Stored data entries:
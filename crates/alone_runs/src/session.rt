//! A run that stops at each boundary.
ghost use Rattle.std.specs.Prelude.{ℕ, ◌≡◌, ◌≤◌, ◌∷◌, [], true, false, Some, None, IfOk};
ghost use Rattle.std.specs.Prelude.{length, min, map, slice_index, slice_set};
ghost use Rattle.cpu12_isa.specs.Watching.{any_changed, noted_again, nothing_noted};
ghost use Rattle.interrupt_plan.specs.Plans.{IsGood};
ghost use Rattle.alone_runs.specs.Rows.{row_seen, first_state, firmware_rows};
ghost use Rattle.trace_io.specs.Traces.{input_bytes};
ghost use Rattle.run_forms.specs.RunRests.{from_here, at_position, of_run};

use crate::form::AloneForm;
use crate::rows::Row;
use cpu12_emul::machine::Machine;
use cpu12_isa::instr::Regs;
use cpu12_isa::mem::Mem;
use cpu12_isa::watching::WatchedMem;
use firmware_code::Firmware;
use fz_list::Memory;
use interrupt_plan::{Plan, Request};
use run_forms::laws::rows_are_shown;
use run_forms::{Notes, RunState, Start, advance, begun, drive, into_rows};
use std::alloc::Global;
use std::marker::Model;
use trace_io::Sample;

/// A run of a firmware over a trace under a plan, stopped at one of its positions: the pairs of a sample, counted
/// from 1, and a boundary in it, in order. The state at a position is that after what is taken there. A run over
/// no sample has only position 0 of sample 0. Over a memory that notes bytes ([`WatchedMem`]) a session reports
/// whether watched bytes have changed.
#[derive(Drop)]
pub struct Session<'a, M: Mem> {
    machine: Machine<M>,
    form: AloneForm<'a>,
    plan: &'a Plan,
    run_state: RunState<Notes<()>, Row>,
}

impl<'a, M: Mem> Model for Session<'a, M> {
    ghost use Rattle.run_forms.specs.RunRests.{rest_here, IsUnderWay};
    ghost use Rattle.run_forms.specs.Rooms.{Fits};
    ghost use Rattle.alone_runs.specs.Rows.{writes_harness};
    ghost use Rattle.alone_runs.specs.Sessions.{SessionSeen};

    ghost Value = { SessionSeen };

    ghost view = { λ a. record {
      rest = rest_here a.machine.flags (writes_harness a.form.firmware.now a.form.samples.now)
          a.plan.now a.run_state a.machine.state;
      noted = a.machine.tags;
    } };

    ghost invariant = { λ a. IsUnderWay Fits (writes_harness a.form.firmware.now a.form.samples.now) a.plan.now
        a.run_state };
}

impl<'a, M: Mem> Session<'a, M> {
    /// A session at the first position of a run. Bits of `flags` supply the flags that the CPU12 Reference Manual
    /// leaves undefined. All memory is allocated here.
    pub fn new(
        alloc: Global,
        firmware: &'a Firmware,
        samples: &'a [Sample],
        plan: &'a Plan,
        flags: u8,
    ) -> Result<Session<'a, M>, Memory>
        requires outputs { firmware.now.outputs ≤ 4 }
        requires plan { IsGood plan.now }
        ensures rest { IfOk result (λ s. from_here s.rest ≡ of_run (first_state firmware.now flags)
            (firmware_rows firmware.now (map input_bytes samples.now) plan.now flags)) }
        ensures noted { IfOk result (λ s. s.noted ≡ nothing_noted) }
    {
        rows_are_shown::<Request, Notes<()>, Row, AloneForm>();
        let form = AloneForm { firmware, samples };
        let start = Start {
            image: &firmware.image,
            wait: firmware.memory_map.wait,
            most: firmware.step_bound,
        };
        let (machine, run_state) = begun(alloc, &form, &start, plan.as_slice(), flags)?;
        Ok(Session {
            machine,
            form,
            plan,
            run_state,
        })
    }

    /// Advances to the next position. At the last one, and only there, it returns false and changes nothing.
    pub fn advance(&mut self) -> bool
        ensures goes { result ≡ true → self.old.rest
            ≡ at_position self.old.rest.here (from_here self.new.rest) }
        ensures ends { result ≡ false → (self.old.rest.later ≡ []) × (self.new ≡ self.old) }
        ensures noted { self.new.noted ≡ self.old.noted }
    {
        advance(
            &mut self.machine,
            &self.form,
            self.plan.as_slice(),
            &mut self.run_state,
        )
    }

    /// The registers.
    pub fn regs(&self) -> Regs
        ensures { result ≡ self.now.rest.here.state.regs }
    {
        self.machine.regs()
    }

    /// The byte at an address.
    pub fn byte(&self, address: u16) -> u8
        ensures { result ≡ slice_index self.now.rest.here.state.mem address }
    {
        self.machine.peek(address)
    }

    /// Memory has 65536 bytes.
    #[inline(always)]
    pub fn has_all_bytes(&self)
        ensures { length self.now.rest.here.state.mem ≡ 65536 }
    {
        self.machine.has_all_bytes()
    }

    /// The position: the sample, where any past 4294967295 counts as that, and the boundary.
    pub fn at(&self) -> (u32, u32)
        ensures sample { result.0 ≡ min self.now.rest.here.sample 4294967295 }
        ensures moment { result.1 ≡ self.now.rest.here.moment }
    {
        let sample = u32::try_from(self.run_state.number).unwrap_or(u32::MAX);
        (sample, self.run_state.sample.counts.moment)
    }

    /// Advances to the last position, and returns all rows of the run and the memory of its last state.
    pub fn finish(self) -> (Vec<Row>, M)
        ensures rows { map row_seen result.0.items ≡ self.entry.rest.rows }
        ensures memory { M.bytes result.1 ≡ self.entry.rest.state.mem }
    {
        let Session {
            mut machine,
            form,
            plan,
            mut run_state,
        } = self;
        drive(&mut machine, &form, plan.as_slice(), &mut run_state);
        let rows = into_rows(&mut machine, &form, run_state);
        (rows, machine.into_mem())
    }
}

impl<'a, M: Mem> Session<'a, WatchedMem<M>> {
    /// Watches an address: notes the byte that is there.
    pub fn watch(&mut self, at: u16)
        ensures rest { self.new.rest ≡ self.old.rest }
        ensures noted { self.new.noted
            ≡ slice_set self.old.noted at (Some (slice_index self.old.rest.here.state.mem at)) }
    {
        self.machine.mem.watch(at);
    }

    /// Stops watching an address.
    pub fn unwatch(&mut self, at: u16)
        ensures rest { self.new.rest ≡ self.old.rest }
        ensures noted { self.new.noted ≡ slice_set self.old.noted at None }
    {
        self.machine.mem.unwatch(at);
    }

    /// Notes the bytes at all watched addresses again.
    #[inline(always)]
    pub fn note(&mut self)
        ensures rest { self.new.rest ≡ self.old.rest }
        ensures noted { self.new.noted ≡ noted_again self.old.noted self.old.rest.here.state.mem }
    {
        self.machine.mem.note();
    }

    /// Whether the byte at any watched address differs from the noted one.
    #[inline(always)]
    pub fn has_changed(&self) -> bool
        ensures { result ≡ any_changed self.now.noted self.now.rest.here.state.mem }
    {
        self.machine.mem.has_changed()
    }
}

* **EXERCISE PROMPT**
An exact, complete copy of the data is the only acceptable answer.

* **FINISHED TASK**
filename crates/alone_runs/src/session.rt
//! A run that stops at each boundary.
ghost use Rattle.std.specs.Prelude.{ℕ, ◌≡◌, ◌≤◌, ◌∷◌, [], true, false, Some, None, IfOk};
ghost use Rattle.std.specs.Prelude.{length, min, map, slice_index, slice_set};
ghost use Rattle.cpu12_isa.specs.Watching.{any_changed, noted_again, nothing_noted};
ghost use Rattle.interrupt_plan.specs.Plans.{IsGood};
ghost use Rattle.alone_runs.specs.Rows.{row_seen, first_state, firmware_rows};
ghost use Rattle.trace_io.specs.Traces.{input_bytes};
ghost use Rattle.run_forms.specs.RunRests.{from_here, at_position, of_run};

use crate::form::AloneForm;
use crate::rows::Row;
use cpu12_emul::machine::Machine;
use cpu12_isa::instr::Regs;
use cpu12_isa::mem::Mem;
use cpu12_isa::watching::WatchedMem;
use firmware_code::Firmware;
use fz_list::Memory;
use interrupt_plan::{Plan, Request};
use run_forms::laws::rows_are_shown;
use run_forms::{Notes, RunState, Start, advance, begun, drive, into_rows};
use std::alloc::Global;
use std::marker::Model;
use trace_io::Sample;

/// A run of a firmware over a trace under a plan, stopped at one of its positions: the pairs of a sample, counted
/// from 1, and a boundary in it, in order. The state at a position is that after what is taken there. A run over
/// no sample has only position 0 of sample 0. Over a memory that notes bytes ([`WatchedMem`]) a session reports
/// whether watched bytes have changed.
#[derive(Drop)]
pub struct Session<'a, M: Mem> {
    machine: Machine<M>,
    form: AloneForm<'a>,
    plan: &'a Plan,
    run_state: RunState<Notes<()>, Row>,
}

impl<'a, M: Mem> Model for Session<'a, M> {
    ghost use Rattle.run_forms.specs.RunRests.{rest_here, IsUnderWay};
    ghost use Rattle.run_forms.specs.Rooms.{Fits};
    ghost use Rattle.alone_runs.specs.Rows.{writes_harness};
    ghost use Rattle.alone_runs.specs.Sessions.{SessionSeen};

    ghost Value = { SessionSeen };

    ghost view = { λ a. record {
      rest = rest_here a.machine.flags (writes_harness a.form.firmware.now a.form.samples.now)
          a.plan.now a.run_state a.machine.state;
      noted = a.machine.tags;
    } };

    ghost invariant = { λ a. IsUnderWay Fits (writes_harness a.form.firmware.now a.form.samples.now) a.plan.now
        a.run_state };
}

impl<'a, M: Mem> Session<'a, M> {
    /// A session at the first position of a run. Bits of `flags` supply the flags that the CPU12 Reference Manual
    /// leaves undefined. All memory is allocated here.
    pub fn new(
        alloc: Global,
        firmware: &'a Firmware,
        samples: &'a [Sample],
        plan: &'a Plan,
        flags: u8,
    ) -> Result<Session<'a, M>, Memory>
        requires outputs { firmware.now.outputs ≤ 4 }
        requires plan { IsGood plan.now }
        ensures rest { IfOk result (λ s. from_here s.rest ≡ of_run (first_state firmware.now flags)
            (firmware_rows firmware.now (map input_bytes samples.now) plan.now flags)) }
        ensures noted { IfOk result (λ s. s.noted ≡ nothing_noted) }
    {
        rows_are_shown::<Request, Notes<()>, Row, AloneForm>();
        let form = AloneForm { firmware, samples };
        let start = Start {
            image: &firmware.image,
            wait: firmware.memory_map.wait,
            most: firmware.step_bound,
        };
        let (machine, run_state) = begun(alloc, &form, &start, plan.as_slice(), flags)?;
        Ok(Session {
            machine,
            form,
            plan,
            run_state,
        })
    }

    /// Advances to the next position. At the last one, and only there, it returns false and changes nothing.
    pub fn advance(&mut self) -> bool
        ensures goes { result ≡ true → self.old.rest
            ≡ at_position self.old.rest.here (from_here self.new.rest) }
        ensures ends { result ≡ false → (self.old.rest.later ≡ []) × (self.new ≡ self.old) }
        ensures noted { self.new.noted ≡ self.old.noted }
    {
        advance(
            &mut self.machine,
            &self.form,
            self.plan.as_slice(),
            &mut self.run_state,
        )
    }

    /// The registers.
    pub fn regs(&self) -> Regs
        ensures { result ≡ self.now.rest.here.state.regs }
    {
        self.machine.regs()
    }

    /// The byte at an address.
    pub fn byte(&self, address: u16) -> u8
        ensures { result ≡ slice_index self.now.rest.here.state.mem address }
    {
        self.machine.peek(address)
    }

    /// Memory has 65536 bytes.
    #[inline(always)]
    pub fn has_all_bytes(&self)
        ensures { length self.now.rest.here.state.mem ≡ 65536 }
    {
        self.machine.has_all_bytes()
    }

    /// The position: the sample, where any past 4294967295 counts as that, and the boundary.
    pub fn at(&self) -> (u32, u32)
        ensures sample { result.0 ≡ min self.now.rest.here.sample 4294967295 }
        ensures moment { result.1 ≡ self.now.rest.here.moment }
    {
        let sample = u32::try_from(self.run_state.number).unwrap_or(u32::MAX);
        (sample, self.run_state.sample.counts.moment)
    }

    /// Advances to the last position, and returns all rows of the run and the memory of its last state.
    pub fn finish(self) -> (Vec<Row>, M)
        ensures rows { map row_seen result.0.items ≡ self.entry.rest.rows }
        ensures memory { M.bytes result.1 ≡ self.entry.rest.state.mem }
    {
        let Session {
            mut machine,
            form,
            plan,
            mut run_state,
        } = self;
        drive(&mut machine, &form, plan.as_slice(), &mut run_state);
        let rows = into_rows(&mut machine, &form, run_state);
        (rows, machine.into_mem())
    }
}

impl<'a, M: Mem> Session<'a, WatchedMem<M>> {
    /// Watches an address: notes the byte that is there.
    pub fn watch(&mut self, at: u16)
        ensures rest { self.new.rest ≡ self.old.rest }
        ensures noted { self.new.noted
            ≡ slice_set self.old.noted at (Some (slice_index self.old.rest.here.state.mem at)) }
    {
        self.machine.mem.watch(at);
    }

    /// Stops watching an address.
    pub fn unwatch(&mut self, at: u16)
        ensures rest { self.new.rest ≡ self.old.rest }
        ensures noted { self.new.noted ≡ slice_set self.old.noted at None }
    {
        self.machine.mem.unwatch(at);
    }

    /// Notes the bytes at all watched addresses again.
    #[inline(always)]
    pub fn note(&mut self)
        ensures rest { self.new.rest ≡ self.old.rest }
        ensures noted { self.new.noted ≡ noted_again self.old.noted self.old.rest.here.state.mem }
    {
        self.machine.mem.note();
    }

    /// Whether the byte at any watched address differs from the noted one.
    #[inline(always)]
    pub fn has_changed(&self) -> bool
        ensures { result ≡ any_changed self.now.noted self.now.rest.here.state.mem }
    {
        self.machine.mem.has_changed()
    }
}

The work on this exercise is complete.